И они пошли обратно.

– Хорошо, что сторож ваш не прочухался, – проговорил Арсений.

Илья об этом тоже сейчас подумал, понимая, что Арсений его не пожалел бы. Да, удачно все получилось.

Почти получилось, поправил себя Илья.

Они возвращались тем же путем. Снова спускались в овраг с печными трубами, потом карабкались вверх и выходили к институту. Оставалось обогнуть институт и пройти немного. И они дошагали до крутой улочки, спускавшейся вниз, мимо Воскресенской церкви. И в это время с угла пединститута кто-то пустил луч фонарика. Арсений прянул назад, а Илья, наоборот, кинулся через улочку.

– Halt! – раздался окрик.

Илья замешкался, попав в луч фонарика.

– Du bleibst da und rührst dich nicht![46]

Илья побежал, и тут же сухо щелкнул выстрел, второй, третий. Фонарик метнулся следом. Арсений еще пребывал в оцепенении, но уже опомнился и побежал было назад. Да услышал задавленный стон Ильи, повернул, тоже перебежал мощеную булыжником улочку. По булыжникам защелкали пули. Луч резанул по ногам. На другой стороне были деревья и кусты. Он ломанулся сквозь них. По деревьям завизжали пули. Послышался стук подкованных сапог по булыжникам.

– Halt!

Арсений наткнулся на Илью. Тот стоял, согнувшись. Арсений тронул его. Илья снова застонал. Арсений охватил его правой рукой. Илья забросил ему руку на шею. И они ринулись дальше. До дома оставалось недалеко. Но Илья указал в сторону от дома, и они вскоре скатились по склону оврага. Илья прижался к земле, скорчился. Подле него упал Арсений. Земля была мокрой. Пахло гарью и свежей зеленью, почвой, гнилыми деревяшками. Они лежали, не двигаясь. Вскоре наверху, на край оврага вышли солдаты. Лучи фонариков заскользили по стволам и кронам. Раздавались голоса. Снова защелкали выстрелы. Прекратились. Немцы еще переговаривались, потом голоса стали утихать. Фонарики погасли. В сырой и гнилой овраг никто не захотел спускаться. Хорошо, что патруль был без собак. Арсений переводил дыхание, утирал мокрое грязное лицо.

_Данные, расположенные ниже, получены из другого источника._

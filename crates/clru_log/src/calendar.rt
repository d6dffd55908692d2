//! Days since 1970.
ghost use Rattle.std.specs.Prelude.{◌≡◌, ◌-◌, ◌<◌, ◌≤◌, slice_index, IfSome};
ghost use Rattle.clru_log.specs.Calendar.{days_before as days_before_by, days_from_1970 as days_by, days_to as days_to_by, is_date as is_date_by, is_leap as is_leap_by, months_of};

/// Returns the days from the first of January 1970 to a date, or `None` if the calendar has no such date or it is before 1970.
/// Months and days count from 1.
pub(crate) fn days_to(year: usize, month: usize, day: usize) -> Option<usize>
    requires { year < 10000 }
    ensures days { result ≡ days_to_by year month day }
    ensures few { IfSome result (λ days. days < 3000000) }
{
    if is_date(year, month, day) {
        Some(days_from_1970(year, month, day))
    } else {
        None
    }
}

fn is_date(year: usize, month: usize, day: usize) -> bool
    ensures { result ≡ is_date_by year month day }
{
    year >= 1970 && month >= 1 && day >= 1 && day <= days_of_month(year, month)
}

// Leap years have one day more, and of the hundredth years each fourth is one.
fn days_from_1970(year: usize, month: usize, day: usize) -> usize
    requires years { 1970 ≤ year }
    requires four_digits { year < 10000 }
    requires months { 1 ≤ month }
    requires twelve { month ≤ 12 }
    requires days { 1 ≤ day }
    requires of_a_month { day ≤ 31 }
    ensures days { result ≡ days_by year month day }
    ensures few { result < 3000000 }
{
    let before = year - 1;
    let leap_days = before / 4 - before / 100 + before / 400;
    before * 365 + leap_days - DAYS_TO_1970 + days_before(year, month) + (day - 1)
}

// As many as the years 1 to 1969 would have.
const DAYS_TO_1970: usize = 719_162;

// The days of the months before this one.
fn days_before(year: usize, month: usize) -> usize
    requires months { 1 ≤ month }
    requires twelve { month ≤ 12 }
    ensures days { result ≡ days_before_by year month }
    ensures few { result < 336 }
{
    let leap_day = if is_leap(year) { 1 } else { 0 };
    match month {
        1 => 0,
        2 => 31,
        3 => 59 + leap_day,
        4 => 90 + leap_day,
        5 => 120 + leap_day,
        6 => 151 + leap_day,
        7 => 181 + leap_day,
        8 => 212 + leap_day,
        9 => 243 + leap_day,
        10 => 273 + leap_day,
        11 => 304 + leap_day,
        _ => 334 + leap_day,
    }
}

// The days of a month, or 0 if there is no such month.
fn days_of_month(year: usize, month: usize) -> usize
    requires { 1 ≤ month }
    ensures { result ≡ slice_index (months_of year) (month - 1) }
{
    match month {
        2 => if is_leap(year) { 29 } else { 28 },
        4 | 6 | 9 | 11 => 30,
        1 | 3 | 5 | 7 | 8 | 10 | 12 => 31,
        _ => 0,
    }
}

fn is_leap(year: usize) -> bool
    ensures { result ≡ is_leap_by year }
{
    year % 4 == 0 && (year % 100 != 0 || year % 400 == 0)
}
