//! Shapes of texts, and the numbers in them.
ghost use Rattle.std.specs.Prelude.{◌≡◌, ◌+◌, ◌≤◌, ◌<◌, true, take, drop, length};
ghost use Rattle.std.specs.Char.{is_ascii_digit};
ghost use Rattle.std.specs.List.{list_all};
ghost use Rattle.clru_log.specs.Shapes.{HasDigits, fits as fits_by, has_shape as has_shape_by, is_of_shape as is_of_shape_by, number_at};

/// Returns whether a text begins with bytes of a shape, where `0` stands for any digit, `?` for any byte, and another for itself.
pub(crate) fn has_shape(shape: &[u8], text: &[u8]) -> bool
    ensures value { result ≡ has_shape_by shape.now text.now }
    ensures long { result ≡ true → length shape.now ≤ length text.now }
    ensures digits { result ≡ true → HasDigits shape.now text.now }
{
    if text.len() < shape.len() {
        return false;
    }
    for (at, mark) in shape.iter().enumerate() {
        if !fits(*mark, text[at]) {
            return false;
        }
    }
    true
}

/// Returns whether a text is of a shape, and ends with it.
pub(crate) fn is_of_shape(shape: &[u8], text: &[u8]) -> bool
    ensures value { result ≡ is_of_shape_by shape.now text.now }
    ensures long { result ≡ true → length shape.now ≡ length text.now }
    ensures digits { result ≡ true → HasDigits shape.now text.now }
{
    text.len() == shape.len() && has_shape(shape, text)
}

fn fits(mark: u8, byte: u8) -> bool
    ensures { result ≡ fits_by mark byte }
{
    if mark == b'0' {
        byte.is_ascii_digit()
    } else {
        mark == b'?' || byte == mark
    }
}

/// Returns the number that two digits of a text name.
pub(crate) fn two_digits(text: &[u8], from: usize) -> usize
    requires within { from + 2 ≤ length text.now }
    requires digits { list_all is_ascii_digit (take 2 (drop from text.now)) ≡ true }
    ensures value { result ≡ number_at from 2 text.now }
    ensures below { result < 100 }
{
    (text[from] - b'0') as usize * 10 + (text[from + 1] - b'0') as usize
}

/// Returns the number that four digits of a text name.
pub(crate) fn four_digits(text: &[u8], from: usize) -> usize
    requires within { from + 4 ≤ length text.now }
    requires digits { list_all is_ascii_digit (take 4 (drop from text.now)) ≡ true }
    ensures value { result ≡ number_at from 4 text.now }
    ensures below { result < 10000 }
{
    two_digits(text, from) * 100 + two_digits(text, from + 2)
}
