//! How the lines of a log are built, and what is wanted of them.

use std::alloc::{Allocator, Global};

/// What parts the columns of a line.
#[derive(Clone, Copy, Debug, Drop)]
pub enum Columns {
    /// Runs of blanks and tabs, as in awk.
    Blanks,
    /// Single tabs.
    Tabs,
}

/// How the lines of a log are built. Columns are counted from 1.
#[derive(Drop)]
pub struct Format<A: Allocator = Global> {
    pub columns: Columns,
    /// The columns of the key, joined by a blank.
    pub key: Vec<usize, A>,
    /// The column of the method, if lines have one.
    pub method: Option<usize>,
    /// The column of the status, if lines have one.
    pub status: Option<usize>,
}

/// What a plain line is to have.
#[derive(Clone, Copy, Debug, Drop)]
pub struct Wanted {
    /// Lines with any method and status count.
    pub all_requests: bool,
    /// Keys end before a question mark.
    pub no_query: bool,
}
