//! What is true of dates, whatever they are.
ghost use Rattle.clru_log.specs.DateLaws.{DaysFollow, LaterDaysAreLater, LaterMonthsAreLater, LaterYearsAreLater, MonthsFollow, WorkedTimes, YearsFollow};

/// States that of two dates the later one is more days from 1970, and that days, months and years follow each other: the next day of
/// a month is one day later, the next month as many as the month has, the next year as many as the year has. It also states what times
/// some columns name.
pub fn law_dates()
    ensures years { LaterYearsAreLater }
    ensures months { LaterMonthsAreLater }
    ensures days { LaterDaysAreLater }
    ensures next_day { DaysFollow }
    ensures next_month { MonthsFollow }
    ensures next_year { YearsFollow }
    ensures worked { WorkedTimes }
{}
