//! One line of a log, cut to the plain line that the programs read.
ghost use Rattle.std.specs.Prelude.{◌≡◌, ◌++◌, ◌∷◌, [], ℕ, codes, List, ◌==◌, length, position, take, true, false, IfOk, OnErr, None, Some, Ok, MatchResult, vec_len};
ghost use Rattle.clru_log.specs.Columns.{columns_of};
ghost use Rattle.clru_log.specs.Cuts.{has_status, is_answer as is_answer_by, is_get as is_get_by, kept_bytes, key_of, left_by_method as left_by_method_of, left_by_status as left_by_status_of, line_of, shown_key, without_return as without_return_by};

use crate::columns::column;
use crate::format::{Format, Wanted};
use std::alloc::{AllocError, Allocator};

/// Why a line does not count.
#[derive(Clone, Copy, Debug, Drop)]
pub enum Left {
    /// It has another method than GET.
    Method,
    /// It has another status than 200 or 304.
    Status,
    /// It has too few columns.
    Columns,
}

/// Appends the plain line of a line, with its newline, or returns why the line does not count.
///
/// Only memory can be refused; nothing is appended then.
/// Cost: a step for each byte up to a column that is read, for each such column.
#[tactic(auto, unfolding(crate::specs::Cuts::line_of))]
pub(crate) fn cut_line<A: Allocator>(
    format: &Format<A>,
    wanted: Wanted,
    line: &[u8],
    plain: &mut Vec<u8, A>,
) -> Result<Option<Left>, AllocError>
    ensures line { IfOk result (λ left. plain.new.items ≡ plain.old.items ++ kept_bytes (line_of format.now wanted line.now)) }
    ensures why { IfOk result (λ left. MatchResult (line_of format.now wanted line.now) (λ _. left ≡ None) (λ why. left ≡ Some why)) }
    ensures err { OnErr result (plain.new.items ≡ plain.old.items) }
{
    let before = plain.len();
    let line = without_return(line);
    if let Some(why) = left_by_method(format, wanted, line) {
        return Ok(Some(why));
    }
    if let Some(why) = left_by_status(format, wanted, line) {
        return Ok(Some(why));
    }
    match append_key(format, wanted, line, plain) {
        Ok(true) => Ok(None),
        Ok(false) => {
            plain.truncate(before);
            Ok(Some(Left::Columns))
        }
        Err(error) => {
            plain.truncate(before);
            Err(error)
        }
    }
}

fn without_return(line: &[u8]) -> &[u8]
    ensures { result.now ≡ without_return_by line.now }
{
    if line.ends_with(b"\r") {
        &line[..line.len() - 1]
    } else {
        line
    }
}

// Returns why the method leaves the line out, if it does.
fn left_by_method<A: Allocator>(format: &Format<A>, wanted: Wanted, line: &[u8]) -> Option<Left>
    ensures { result ≡ left_by_method_of format.now wanted (columns_of format.now.columns line.now) }
{
    if wanted.all_requests {
        return None;
    }
    let number = format.method?;
    match column(format.columns, line, number) {
        Some(text) if is_get(text) => None,
        Some(_) => Some(Left::Method),
        None => Some(Left::Columns),
    }
}

// Returns why the status leaves the line out, if it does.
fn left_by_status<A: Allocator>(format: &Format<A>, wanted: Wanted, line: &[u8]) -> Option<Left>
    ensures { result ≡ left_by_status_of format.now wanted (columns_of format.now.columns line.now) }
{
    if wanted.all_requests {
        return None;
    }
    let number = format.status?;
    match column(format.columns, line, number) {
        Some(text) if is_answer(text) => None,
        Some(_) => Some(Left::Status),
        None => Some(Left::Columns),
    }
}

fn is_get(text: &[u8]) -> bool
    ensures { result ≡ is_get_by text.now }
{
    match text {
        b"GET" | b"\"GET" => true,
        _ => false,
    }
}

fn is_answer(text: &[u8]) -> bool
    ensures { result ≡ is_answer_by text.now }
{
    is_found(text) || is_unchanged(text)
}

fn is_found(text: &[u8]) -> bool
    ensures { result ≡ has_status (codes "200") text.now }
{
    match text {
        b"200" => true,
        _ => text.ends_with(b"/200"),
    }
}

fn is_unchanged(text: &[u8]) -> bool
    ensures { result ≡ has_status (codes "304") text.now }
{
    match text {
        b"304" => true,
        _ => text.ends_with(b"/304"),
    }
}

// Appends the columns of the key, joined by blanks, and a newline, and returns whether the line has them all.
fn append_key<A: Allocator>(
    format: &Format<A>,
    wanted: Wanted,
    line: &[u8],
    plain: &mut Vec<u8, A>,
) -> Result<bool, AllocError>
    ensures key { result ≡ Ok true → (key : List ℕ) × (key_of wanted.no_query (columns_of format.now.columns line.now) format.now.key.items ≡ Some key)
        × (plain.new.items ≡ plain.old.items ++ (key ++ 10 ∷ [])) }
    ensures none { result ≡ Ok false → key_of wanted.no_query (columns_of format.now.columns line.now) format.now.key.items ≡ None }
    ensures front { take (vec_len plain.old) plain.new.items ≡ plain.old.items }
{
    let Some((first, more)) = format.key.as_slice().split_first() else {
        return Ok(false);
    };
    let Some(text) = column(format.columns, line, *first) else {
        return Ok(false);
    };
    plain.extend_from_slice(shown(text, wanted.no_query))?;
    'columns: for number in more {
        let Some(text) = column(format.columns, line, *number) else {
            return Ok(false);
        };
        plain.push(b' ')?;
        plain.extend_from_slice(shown(text, wanted.no_query))?;
    }
    plain.push(b'\n')?;
    Ok(true)
}

// A key ends before its query, if it is to have none.
fn shown(text: &[u8], no_query: bool) -> &[u8]
    ensures { result.now ≡ shown_key no_query text.now }
{
    if !no_query {
        return text;
    }
    match query_at(text) {
        Some(at) => &text[..at],
        None => text,
    }
}

fn query_at(text: &[u8]) -> Option<usize>
    ensures { result ≡ position (λ b. b == 63) text.now }
{
    text.iter().position(|byte| *byte == b'?')
}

– Илья, – позвал он. – Ты как?

Тот помалкивал рядом.

– Зацепили, что ли? – спросил Арсений.

– Да, – наконец отозвался Илья.

– Куда?

– Не знаю… куда-то в бок.

– Надо идти, светать начинает.

– Да, – ответил Илья.

Арсений помог ему подняться. Илья держался за бок.

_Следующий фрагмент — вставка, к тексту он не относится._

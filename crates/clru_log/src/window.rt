//! Bytes that were read and are not yet cut.
ghost use Rattle.std.specs.Prelude.{◌≡◌, ◌+◌, ◌<◌, ◌≤◌, ◌==◌, ℕ, List, [], ◌++◌, length, take, drop, position, IfOk, OnErr, OnOk, vec_len};
ghost use Rattle.std.specs.Io.KnownBytes.{Consumes, IsAtEnd, Keeps};

use crate::newline::newline_at;
use std::alloc::{AllocError, Allocator};
use std::io;
use std::io::Read;
use std::marker::Model;

const ROOM: usize = 256 * 1024;

#[derive(Drop)]
pub(crate) struct Window<A: Allocator> {
    bytes: Vec<u8, A>,
    // What is left stands from `start` to `end`.
    start: usize,
    // Before it no newline stands, so that a long line is searched once.
    searched: usize,
    end: usize,
}

impl<A: Allocator> Model for Window<A> {
    ghost use Rattle.std.specs.Prelude.{ℕ, List, slice_range, ◌≤◌, vec_len};
    ghost use Rattle.clru_text.specs.LinesRead.{IsFree};

    ghost Value = { List ℕ };

    ghost view = { λ w. slice_range w.bytes.items w.start w.end };

    ghost invariant = { λ w. (w.start ≤ w.searched) × (w.searched ≤ w.end) × (w.end ≤ vec_len w.bytes)
        × IsFree (slice_range w.bytes.items w.start w.searched) };
}

impl<A: Allocator> Window<A> {
    pub(crate) fn new(alloc: A) -> Self
        ensures { result ≡ [] }
    {
        Window {
            bytes: Vec::new(alloc),
            start: 0,
            searched: 0,
            end: 0,
        }
    }

    pub(crate) fn as_slice(&self) -> &[u8]
        ensures { result.now ≡ self.now }
    {
        &self.bytes.as_slice()[self.start..self.end]
    }

    /// Returns how many bytes stand before the first newline.
    pub(crate) fn newline_at(&mut self) -> Option<usize>
        ensures at { result ≡ position (λ b. b == 10) self.old }
        ensures same { self.new ≡ self.old }
    {
        match newline_at(&self.bytes.as_slice()[self.searched..self.end]) {
            Some(at) => Some(self.searched - self.start + at),
            None => {
                self.searched = self.end;
                None
            }
        }
    }

    /// Lets so many bytes go.
    pub(crate) fn consume(&mut self, count: usize)
        requires { count ≤ length self.old }
        ensures { self.new ≡ drop count self.old }
    {
        self.start += count;
        self.searched = self.start;
    }

    /// Lets so many bytes and the newline behind them go.
    pub(crate) fn consume_line(&mut self, len: usize)
        requires { len < length self.old }
        ensures { self.new ≡ drop (len + 1) self.old }
    {
        let newline = self.start + len;
        self.start = newline + 1;
        self.searched = self.start;
    }

    /// One read behind what is left. Returns how many bytes it gave.
    pub(crate) fn read_from<R: Read>(&mut self, reader: &mut R) -> io::Result<usize>
        ensures ok { IfOk result (λ n. (more : List ℕ) × (length more ≡ n) × (self.new ≡ self.old ++ more)
            × Consumes (R.remaining reader.old) (R.remaining reader.new) more) }
        ensures end { IfOk result (λ n. n ≡ 0 → IsAtEnd (R.remaining reader.new)) }
        ensures err { OnErr result ((self.new ≡ self.old) × Keeps (R.remaining reader.old) (R.remaining reader.new)) }
    {
        self.move_to_front();
        let count = read_behind(&mut self.bytes, self.end, reader)?;
        self.end += count;
        Ok(count)
    }

    // Moves what is left to where the buffer begins.
    fn move_to_front(&mut self)
        ensures { self.new ≡ self.old }
    {
        let (start, end) = (self.start, self.end);
        self.bytes.as_mut_slice().copy_within(start..end, 0);
        self.start = 0;
        self.searched -= start;
        self.end = end - start;
    }
}

// Makes the bytes more than these, if they are not.
fn grow_past<A: Allocator>(bytes: &mut Vec<u8, A>, end: usize) -> Result<(), AllocError>
    requires { end ≤ vec_len bytes.old }
    ensures front { take end bytes.new.items ≡ take end bytes.old.items }
    ensures within { end ≤ vec_len bytes.new }
    ensures past { OnOk result (end < vec_len bytes.new) }
{
    if end < bytes.len() {
        return Ok(());
    }
    bytes.resize(bytes.len().saturating_mul(2).max(ROOM), 0)
}

// One read behind so many bytes, which stay.
fn read_behind<R: Read, A: Allocator>(
    bytes: &mut Vec<u8, A>,
    end: usize,
    reader: &mut R,
) -> io::Result<usize>
    requires { end ≤ vec_len bytes.old }
    ensures front { take end bytes.new.items ≡ take end bytes.old.items }
    ensures within { end ≤ vec_len bytes.new }
    ensures fits { IfOk result (λ n. end + n ≤ vec_len bytes.new) }
    ensures ok { IfOk result (λ n. Consumes (R.remaining reader.old) (R.remaining reader.new) (take n (drop end bytes.new.items))) }
    ensures end { IfOk result (λ n. n ≡ 0 → IsAtEnd (R.remaining reader.new)) }
    ensures err { OnErr result (Keeps (R.remaining reader.old) (R.remaining reader.new)) }
{
    grow_past(bytes, end)?;
    read_at(reader, bytes.as_mut_slice(), end)
}

fn read_at<R: Read>(reader: &mut R, buf: &mut [u8], at: usize) -> io::Result<usize>
    requires { at < length buf.old }
    ensures front { take at buf.new ≡ take at buf.old }
    ensures fits { IfOk result (λ n. at + n ≤ length buf.new) }
    ensures ok { IfOk result (λ n. Consumes (R.remaining reader.old) (R.remaining reader.new) (take n (drop at buf.new))) }
    ensures end { IfOk result (λ n. n ≡ 0 → IsAtEnd (R.remaining reader.new)) }
    ensures err { OnErr result (Keeps (R.remaining reader.old) (R.remaining reader.new)) }
{
    reader.read(&mut buf[at..])
}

– Погоди, – сказал Арсений. – Чем-то перевязать…

– Пошли, – прошептал Илья.

И они начали карабкаться вверх, оскальзываясь на мокрой земле. Вылезли на край оврага. Здесь никого не было. Илья опирался на Арсения и кое-как шел вперед. Рука Арсения, охватывающая Илью, стала липкой. Рубашка Ильи напиталась кровью.

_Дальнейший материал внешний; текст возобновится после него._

//! The columns of a line.
ghost use Rattle.std.specs.Prelude.{◌≡◌, ◌<◌, ◌==◌, ℕ, suc, not, None, Some, IfNone, IfSome, length, option_map, position, slice_get};
ghost use Rattle.clru_log.specs.Columns.{column_at, columns_of, is_blank as is_blank_by, parts, words};

use crate::format::Columns;

/// Returns a column of a line, counted from 1, if the line has it.
pub(crate) fn column(columns: Columns, line: &[u8], number: usize) -> Option<&[u8]>
    ensures { option_map (λ text. text.now) result ≡ column_at (columns_of columns line.now) number }
{
    if number == 0 || line.is_empty() {
        return None;
    }
    match columns {
        Columns::Blanks => word(line, number - 1),
        Columns::Tabs => part(line, number - 1),
    }
}

// Returns the part behind so many tabs.
fn part(line: &[u8], skipped: usize) -> Option<&[u8]>
    ensures { option_map (λ text. text.now) result ≡ slice_get (parts line.now) skipped }
{
    let mut rest = line;
    'parts: for _ in 0..skipped {
        match behind_part(rest) {
            Some(more) => rest = more,
            None => return None,
        }
    }
    Some(first_part(rest))
}

// Returns what follows the first tab.
fn behind_part(bytes: &[u8]) -> Option<&[u8]>
    ensures some { IfSome result (λ rest. (n : ℕ) → slice_get (parts bytes.now) (suc n) ≡ slice_get (parts rest.now) n) }
    ensures none { IfNone result ((n : ℕ) → slice_get (parts bytes.now) (suc n) ≡ None) }
{
    match tab_at(bytes) {
        Some(at) => Some(&bytes[at + 1..]),
        None => None,
    }
}

// Returns what stands before the first tab.
fn first_part(bytes: &[u8]) -> &[u8]
    ensures { Some result.now ≡ slice_get (parts bytes.now) 0 }
{
    match tab_at(bytes) {
        Some(at) => &bytes[..at],
        None => bytes,
    }
}

fn tab_at(bytes: &[u8]) -> Option<usize>
    ensures at { result ≡ position (λ b. b == 9) bytes.now }
    ensures within { IfSome result (λ at. at < length bytes.now) }
{
    bytes.iter().position(|byte| *byte == b'\t')
}

// Returns the word behind so many words.
fn word(line: &[u8], skipped: usize) -> Option<&[u8]>
    ensures { option_map (λ text. text.now) result ≡ slice_get (words line.now) skipped }
{
    let mut rest = line;
    'words: for _ in 0..skipped {
        match behind_word(rest) {
            Some(more) => rest = more,
            None => return None,
        }
    }
    first_word(word_from(rest))
}

// Returns what follows the first word, if something does.
fn behind_word(bytes: &[u8]) -> Option<&[u8]>
    ensures some { IfSome result (λ rest. (n : ℕ) → slice_get (words bytes.now) (suc n) ≡ slice_get (words rest.now) n) }
    ensures none { IfNone result ((n : ℕ) → slice_get (words bytes.now) (suc n) ≡ None) }
{
    let word = word_from(bytes);
    match blank_at(word) {
        Some(at) => Some(&word[at..]),
        None => None,
    }
}

// Returns the bytes from the first word on.
fn word_from(bytes: &[u8]) -> &[u8]
    ensures same { words result.now ≡ words bytes.now }
    ensures first { 0 < length result.now → position (λ b. not (is_blank_by b)) result.now ≡ Some 0 }
{
    match other_at(bytes) {
        Some(at) => &bytes[at..],
        None => &[],
    }
}

// Returns the word that bytes begin with, if there are bytes.
fn first_word(bytes: &[u8]) -> Option<&[u8]>
    requires { 0 < length bytes.now → position (λ b. not (is_blank_by b)) bytes.now ≡ Some 0 }
    ensures { option_map (λ text. text.now) result ≡ slice_get (words bytes.now) 0 }
{
    let len = bytes.len();
    if len == 0 {
        return None;
    }
    match blank_at(bytes) {
        Some(at) => Some(&bytes[..at]),
        None => Some(bytes),
    }
}

fn blank_at(bytes: &[u8]) -> Option<usize>
    ensures { result ≡ position is_blank_by bytes.now }
{
    bytes.iter().position(|byte| is_blank(*byte))
}

fn other_at(bytes: &[u8]) -> Option<usize>
    ensures { result ≡ position (λ b. not (is_blank_by b)) bytes.now }
{
    bytes.iter().position(|byte| !is_blank(*byte))
}

#[inline(always)]
fn is_blank(byte: u8) -> bool
    ensures { result ≡ is_blank_by byte }
{
    byte == b' ' || byte == b'\t'
}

По улице снова ехал автомобиль. С него бил мощный луч прожектора. Луч шарил по домам, деревьям. Но они успели уже дотащиться до руин кирпичного дома.

– Зайдем… – проговорил Илья.

И они вошли в подъезд, далее в одну из пустых разгромленных выгоревших квартир, наполненную обломками кирпичей, осколками стекла.

– Пусти, – сказал Илья и сел у стены, привалившись к ней спиной.

Арсений различал его бледное лицо. Илья тяжело дышал, вытирал губы.

Некоторое время они молчали. Арсений подкрался к пустому окну и выглянул на улицу. Автомобиль уже завернул за угол дома и скрылся. Все окна домов были темны. Арсений вернулся к Илье.

– Илья… Илья?

Он взялся за плечо и осторожно встряхнул его. Илья очнулся и посмотрел на Арсения.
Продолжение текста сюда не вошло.